impl Model for Past {
    ghost use Rattle.std.specs.Prelude.{None};
    ghost use Rattle.std.specs.Option.{option_map};
    ghost use Rattle.prodash_line.specs.Renderer.{Renderer};
    ghost use Rattle.prodash_line.specs.plumbing.Endings.{refusal_of};
    ghost use Rattle.std.specs.Coded.{codes};
    ghost use Rattle.std.specs.FinMap as finite;

    ghost Value = { Renderer };

    ghost coded = { Prim.hlevel (codes, finite.code) };

    ghost view = { λ p. record {
      options = p.options;
      widths = p.widths.items;
      midpoint = p.last_progress_midpoint;
      last_rows = p.last_rows;
      origin_widths = p.origin_widths.items;
      seen = p.seen;
      tracker = None;
      timer = p.timer;
      rows_erased = p.rows_erased;
      cursor_hidden = p.cursor_hidden;
      ended = option_map refusal_of p.ending;
    } };
}

impl Model for State {
    ghost use Rattle.prodash_line.specs.Renderer.{Renderer};
    ghost use Rattle.prodash_line.specs.Tracking.{tracked};
    ghost use Rattle.std.specs.Coded.{codes};
    ghost use Rattle.std.specs.FinMap as finite;

    ghost Value = { Renderer };

    ghost coded = { Prim.hlevel (codes, finite.code) };

    ghost view = { λ s. tracked s.past s.tracker };
}

impl State {
    /// Returns the state of a renderer that has drawn nothing yet. If `throughput` is set, it
    /// measures throughput for the units that show it.
    pub fn new(alloc: Global, options: Options, throughput: bool) -> State
        ensures { result ≡ new_renderer options throughput }
    {
        State {
            past: Past::new(alloc, options),
            frame: LineWriter::new(alloc),
            tracker: if throughput {
                Some(FrameThroughput::new(alloc))
            } else {
                None
            },
        }
    }

    /// Returns an equal state.
    ///
    /// # Errors
    ///
    /// `Memory`: out of memory.
    pub fn deep_clone(&self, alloc: Global) -> Result<State, Refusal>
        ensures ok { IfOk result (λ copy. copy ≡ self.now) }
        ensures reason { IsOkUnless result Refusal.Memory }
    {
        Ok(State {
            past: self.past.deep_clone(alloc)?,
            frame: LineWriter::new(alloc),
            tracker: self.copied_tracker()?,
        })
    }

    /// Returns what the latest accepted tick with a root saw of the messages, `None` before the
    /// first. The next tick takes the messages that came since.
    pub fn seen(&self) -> Option<MessageCopyState>
        ensures { result ≡ self.now.seen }
    {
        self.past.seen
    }

    /// Returns the refusal of every further frame: `Closed` after a closing frame, `Broken` after
    /// the screen broke during a frame, `None` while frames are drawn.
    pub fn ended(&self) -> Option<Refusal>
        ensures value { result ≡ self.now.ended }
        ensures reason { IfSome result IsEndRefusal }
    {
        self.past.ended()
    }

    /// Returns the rows at the latest accepted tick with a root, `None` before the first.
    pub fn rows(&self) -> &Option<Rows>
        ensures { result.now ≡ self.now.last_rows }
    {
        self.past.last_rows.rows()
    }

    /// Takes rows that are no longer remembered and messages that have been printed, or empty lists
    /// if there are none. The rows and messages of the next tick may reuse their memory.
    pub fn take_spare(&mut self, alloc: Global) -> (Rows, Messages)
        ensures { self.new ≡ self.old }
    {
        let (rows, messages) = (self.past.spare_rows.take(), self.past.spare_messages.take());
        (
            rows.unwrap_or_else(|| Rows::new(Vec::new(alloc))),
            messages.unwrap_or_else(|| Messages::new(Vec::new(alloc))),
        )
    }

    /// Takes steps that are no longer remembered and messages that have been printed, or empty lists
    /// if there are none. The steps and messages of the next tick may reuse their memory.
    pub fn take_spare_steps(&mut self, alloc: Global) -> (Vec<Step>, Messages)
        ensures { self.new ≡ self.old }
    {
        let (steps, messages) = (
            self.past.spare_steps.take(),
            self.past.spare_messages.take(),
        );
        (
            steps.unwrap_or_else(|| Vec::new(alloc)),
            messages.unwrap_or_else(|| Messages::new(Vec::new(alloc))),
        )
    }

    /// Returns an equal tracker, if there is one.
    fn copied_tracker(&self) -> Result<Option<FrameThroughput>, Refusal>
        ensures ok { IfOk result (λ tracker. kept_of tracker ≡ self.now.tracker) }
        ensures reason { IsOkUnless result Refusal.Memory }
    {
        match &self.tracker {
            None => Ok(None),
            Some(tracker) => Ok(Some(tracker.copy()?)),
        }
    }
}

....

About this task:
Reproduce the data above exactly, leaving nothing out.

Exercise answer:
impl Model for Past {
    ghost use Rattle.std.specs.Prelude.{None};
    ghost use Rattle.std.specs.Option.{option_map};
    ghost use Rattle.prodash_line.specs.Renderer.{Renderer};
    ghost use Rattle.prodash_line.specs.plumbing.Endings.{refusal_of};
    ghost use Rattle.std.specs.Coded.{codes};
    ghost use Rattle.std.specs.FinMap as finite;

    ghost Value = { Renderer };

    ghost coded = { Prim.hlevel (codes, finite.code) };

    ghost view = { λ p. record {
      options = p.options;
      widths = p.widths.items;
      midpoint = p.last_progress_midpoint;
      last_rows = p.last_rows;
      origin_widths = p.origin_widths.items;
      seen = p.seen;
      tracker = None;
      timer = p.timer;
      rows_erased = p.rows_erased;
      cursor_hidden = p.cursor_hidden;
      ended = option_map refusal_of p.ending;
    } };
}

impl Model for State {
    ghost use Rattle.prodash_line.specs.Renderer.{Renderer};
    ghost use Rattle.prodash_line.specs.Tracking.{tracked};
    ghost use Rattle.std.specs.Coded.{codes};
    ghost use Rattle.std.specs.FinMap as finite;

    ghost Value = { Renderer };

    ghost coded = { Prim.hlevel (codes, finite.code) };

    ghost view = { λ s. tracked s.past s.tracker };
}

impl State {
    /// Returns the state of a renderer that has drawn nothing yet. If `throughput` is set, it
    /// measures throughput for the units that show it.
    pub fn new(alloc: Global, options: Options, throughput: bool) -> State
        ensures { result ≡ new_renderer options throughput }
    {
        State {
            past: Past::new(alloc, options),
            frame: LineWriter::new(alloc),
            tracker: if throughput {
                Some(FrameThroughput::new(alloc))
            } else {
                None
            },
        }
    }

    /// Returns an equal state.
    ///
    /// # Errors
    ///
    /// `Memory`: out of memory.
    pub fn deep_clone(&self, alloc: Global) -> Result<State, Refusal>
        ensures ok { IfOk result (λ copy. copy ≡ self.now) }
        ensures reason { IsOkUnless result Refusal.Memory }
    {
        Ok(State {
            past: self.past.deep_clone(alloc)?,
            frame: LineWriter::new(alloc),
            tracker: self.copied_tracker()?,
        })
    }

    /// Returns what the latest accepted tick with a root saw of the messages, `None` before the
    /// first. The next tick takes the messages that came since.
    pub fn seen(&self) -> Option<MessageCopyState>
        ensures { result ≡ self.now.seen }
    {
        self.past.seen
    }

    /// Returns the refusal of every further frame: `Closed` after a closing frame, `Broken` after
    /// the screen broke during a frame, `None` while frames are drawn.
    pub fn ended(&self) -> Option<Refusal>
        ensures value { result ≡ self.now.ended }
        ensures reason { IfSome result IsEndRefusal }
    {
        self.past.ended()
    }

    /// Returns the rows at the latest accepted tick with a root, `None` before the first.
    pub fn rows(&self) -> &Option<Rows>
        ensures { result.now ≡ self.now.last_rows }
    {
        self.past.last_rows.rows()
    }

    /// Takes rows that are no longer remembered and messages that have been printed, or empty lists
    /// if there are none. The rows and messages of the next tick may reuse their memory.
    pub fn take_spare(&mut self, alloc: Global) -> (Rows, Messages)
        ensures { self.new ≡ self.old }
    {
        let (rows, messages) = (self.past.spare_rows.take(), self.past.spare_messages.take());
        (
            rows.unwrap_or_else(|| Rows::new(Vec::new(alloc))),
            messages.unwrap_or_else(|| Messages::new(Vec::new(alloc))),
        )
    }

    /// Takes steps that are no longer remembered and messages that have been printed, or empty lists
    /// if there are none. The steps and messages of the next tick may reuse their memory.
    pub fn take_spare_steps(&mut self, alloc: Global) -> (Vec<Step>, Messages)
        ensures { self.new ≡ self.old }
    {
        let (steps, messages) = (
            self.past.spare_steps.take(),
            self.past.spare_messages.take(),
        );
        (
            steps.unwrap_or_else(|| Vec::new(alloc)),
            messages.unwrap_or_else(|| Messages::new(Vec::new(alloc))),
        )
    }

    /// Returns an equal tracker, if there is one.
    fn copied_tracker(&self) -> Result<Option<FrameThroughput>, Refusal>
        ensures ok { IfOk result (λ tracker. kept_of tracker ≡ self.now.tracker) }
        ensures reason { IsOkUnless result Refusal.Memory }
    {
        match &self.tracker {
            None => Ok(None),
            Some(tracker) => Ok(Some(tracker.copy()?)),
        }
    }
}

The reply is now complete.